# Homemade camper?



## geoffoquinn (Oct 2, 2011)

I was wondering how big of a pain the registration process is for a homemade camper or tiny house. I've done a little research online and can't exactly find what I'm looking for. I'm hoping someone here might have some experience with this.


----------



## lustofcrappies (Jun 19, 2017)

The only help I can offer is I had to register my camper and utility trailer the same way and they based it on Gross Weight of the trailer and camper.


----------



## geoffoquinn (Oct 2, 2011)

I'm hoping to build something under the minimum weight to require a title. If it's not too big of a pain to even try then I'm going to go bigger.


----------



## lustofcrappies (Jun 19, 2017)

geoffoquinn said:


> I'm hoping to build something under the minimum weight to require a title. If it's not too big of a pain to even try then I'm going to go bigger.


My little utility trailer is a 4ft x 4ft and in order to tow it it had to have it licensed but unfortunately that's where my help end because when I bought it, it came with a title from the manufacturer. Maybe if you are using a trailer with an existing title you can use that at the BMV to get your Non-Commercial tags, I know first time issuance has to be signed if it has no title or is new.


----------



## I Fish (Sep 24, 2008)

What kind and size are you looking to build?


----------



## kayak1979 (Jul 13, 2014)

...


----------



## G.lock (Apr 1, 2014)

Don't know what the minimum weight would be. I just bought a new 5x10 utility trailer, weighs 960 lbs. It came with a certificate of origin but no title required. The dmv accepted the COO for the weight and issued registration.


----------



## 9Left (Jun 23, 2012)

yeah… I don't really think the weight would have anything to do with it...if you have a trailer, and it has an axle, it has to be registered… Doesn't matter what's on it


----------



## geoffoquinn (Oct 2, 2011)

I was under the impression that campers had a title. I also thought trailers over 4500# have to be titled. I'm not sure how big I'll go yet. That depends on what kind of deal I can get on a trailer.


----------



## Snakecharmer (Apr 9, 2008)

geoffoquinn said:


> I was under the impression that campers had a title. I also thought trailers over 4500# have to be titled. I'm not sure how big I'll go yet. That depends on what kind of deal I can get on a trailer.


The state of Ohio requires all noncommercial trailers, including boat trailers, to be registered if they are going to be on Ohio roads. Before registering the trailer and getting your license plates, you must get a weight card from your registrar and have the trailer weighed. 
Over 4000# it will need to be titled in addition to being registered.


----------



## Matt63 (Jun 1, 2016)

Snakecharmer said:


> The state of Ohio requires all noncommercial trailers, including boat trailers, to be registered if they are going to be on Ohio roads. Before registering the trailer and getting your license plates, you must get a weight card from your registrar and have the trailer weighed.
> Over 4000# it will need to be titled in addition to being registered.

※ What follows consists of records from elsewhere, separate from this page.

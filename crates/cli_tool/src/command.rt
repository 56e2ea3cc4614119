//! The commands: what each reads, and what the texts give.
ghost use Rattle.std.specs.Prelude.{◌≡◌, ◌<◌, true, slice_get, length, IfOk};
ghost use Rattle.cli_tool.specs.CheckTask as task;
ghost use Rattle.cli_tool.specs.DatabaseInFile as database;
ghost use Rattle.cli_tool.specs.Task.{are_within};
ghost use Rattle.cli_tool.specs.Asked.{task_by, answer_in};

use crate::answer::Answer;
use crate::checking::checked;
use crate::coding::{decoded, encoded};
use crate::executing::executed;
use crate::generating::generated;
use crate::reading::{FileText, Input};
use c_lexer::SOURCE_LIMIT;
use can_model::TEXT_LIMIT;
use cg_out::Memory;
use command_words::Word;
use std::alloc::Global;

/// The data models by their names.
#[derive(Clone, Copy)]
pub enum DataModel {
    Ilp32,
    Lp64,
}

/// A call of a function of two C texts.
#[derive(Clone, Copy)]
pub struct Call<'a> {
    pub header: &'a [u8],
    pub source: &'a [u8],
    pub model: DataModel,
    pub function: &'a [u8],
    /// The arguments, as they are spelled.
    pub words: &'a [Word],
}

/// Values for the signals of a message.
#[derive(Clone, Copy)]
pub struct Encoding<'a> {
    pub file: &'a [u8],
    /// The message's name.
    pub message: &'a [u8],
    /// NAME=VALUE each.
    pub words: &'a [Word],
}

/// A frame of a message.
#[derive(Clone, Copy)]
pub struct Decoding<'a> {
    pub file: &'a [u8],
    /// The number of the message's statement, in decimal digits.
    pub number: &'a [u8],
    /// The frame, in pairs of hexadecimal digits.
    pub digits: &'a [u8],
}

/// What the words ask for.
#[derive(Clone, Copy)]
pub enum Command<'a> {
    /// Write the C header of the database in this file.
    GenerateCSource(&'a [u8]),
    /// Tell the first fault of this header and this source, if they have one.
    Check(&'a [u8], &'a [u8]),
    /// Call a function, and tell what it gives.
    Exec(Call<'a>),
    /// Tell the frame of these values.
    Encode(Encoding<'a>),
    /// Tell the values of this frame.
    Decode(Decoding<'a>),
}

impl<'a> Command<'a> {
    /// The file that is read behind so many others; takes no memory.
    pub fn input(&self, index: usize) -> Option<Input<'a>>
        ensures { result ≡ slice_get (task_by self.now).inputs index }
    {
        match (*self, index) {
            (Command::GenerateCSource(file), 0) => Some(database_input(file)),
            (Command::Encode(asked), 0) => Some(database_input(asked.file)),
            (Command::Decode(asked), 0) => Some(database_input(asked.file)),
            (Command::Check(header, _), 0) => Some(c_input(header)),
            (Command::Check(_, source), 1) => Some(c_input(source)),
            (Command::Exec(call), 0) => Some(c_input(call.header)),
            (Command::Exec(call), 1) => Some(c_input(call.source)),
            _ => None,
        }
    }

    /// What texts give that have no more bytes than they may.
    pub fn answer(&self, alloc: Global, texts: &[FileText]) -> Result<Answer<'a>, Memory>
        requires { are_within (task_by self.now).inputs texts.now ≡ true }
        ensures { IfOk result (λ a. (task_by self.now).gives texts.now (answer_in a)) }
    {
        match (*self, texts) {
            (Command::GenerateCSource(file), [text]) => generated(alloc, file, text.bytes()),
            (Command::Check(header, source), [header_text, source_text]) => checked(
                alloc,
                header,
                source,
                header_text.bytes(),
                source_text.bytes(),
            ),
            (Command::Exec(call), [header_text, source_text]) => {
                executed(alloc, &call, header_text.bytes(), source_text.bytes())
            }
            (Command::Encode(asked), [text]) => encoded(alloc, &asked, text.bytes()),
            (Command::Decode(asked), [text]) => decoded(alloc, &asked, text.bytes()),
            _ => Ok(Answer::WrongWords(None)),
        }
    }
}

/// The text of a database that is read.
fn database_input(file: &[u8]) -> Input<'_>
    ensures { result ≡ database.database_input file.now }
{
    Input {
        file,
        limit: TEXT_LIMIT,
    }
}

/// A C text that is read.
fn c_input(file: &[u8]) -> Input<'_>
    ensures { result ≡ task.c_input file.now }
{
    Input {
        file,
        limit: SOURCE_LIMIT,
    }
}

I was reading the laws when I bought my boat 9 years ago and it said as long as you are trailering your boat to your dock within 50 miles you don't need to register the trailer. Am I wrong or have I been breaking the law the past 9 years I never had any issues without a plate. Thanks for any input
Matt


----------



## Snakecharmer (Apr 9, 2008)

Matt63 said:


> I was reading the laws when I bought my boat 9 years ago and it said as long as you are trailering your boat to your dock within 50 miles you don't need to register the trailer. Am I wrong or have I been breaking the law the past 9 years I never had any issues without a plate. Thanks for any input
> Matt


I think you are wrong, but lucky. This came up on here a couple months ago and I think it was only for trailers used within a marina or under 25 mph....Something like that. So a farmer wouldn't have to get plates for a hay wagon or manure spreader....


----------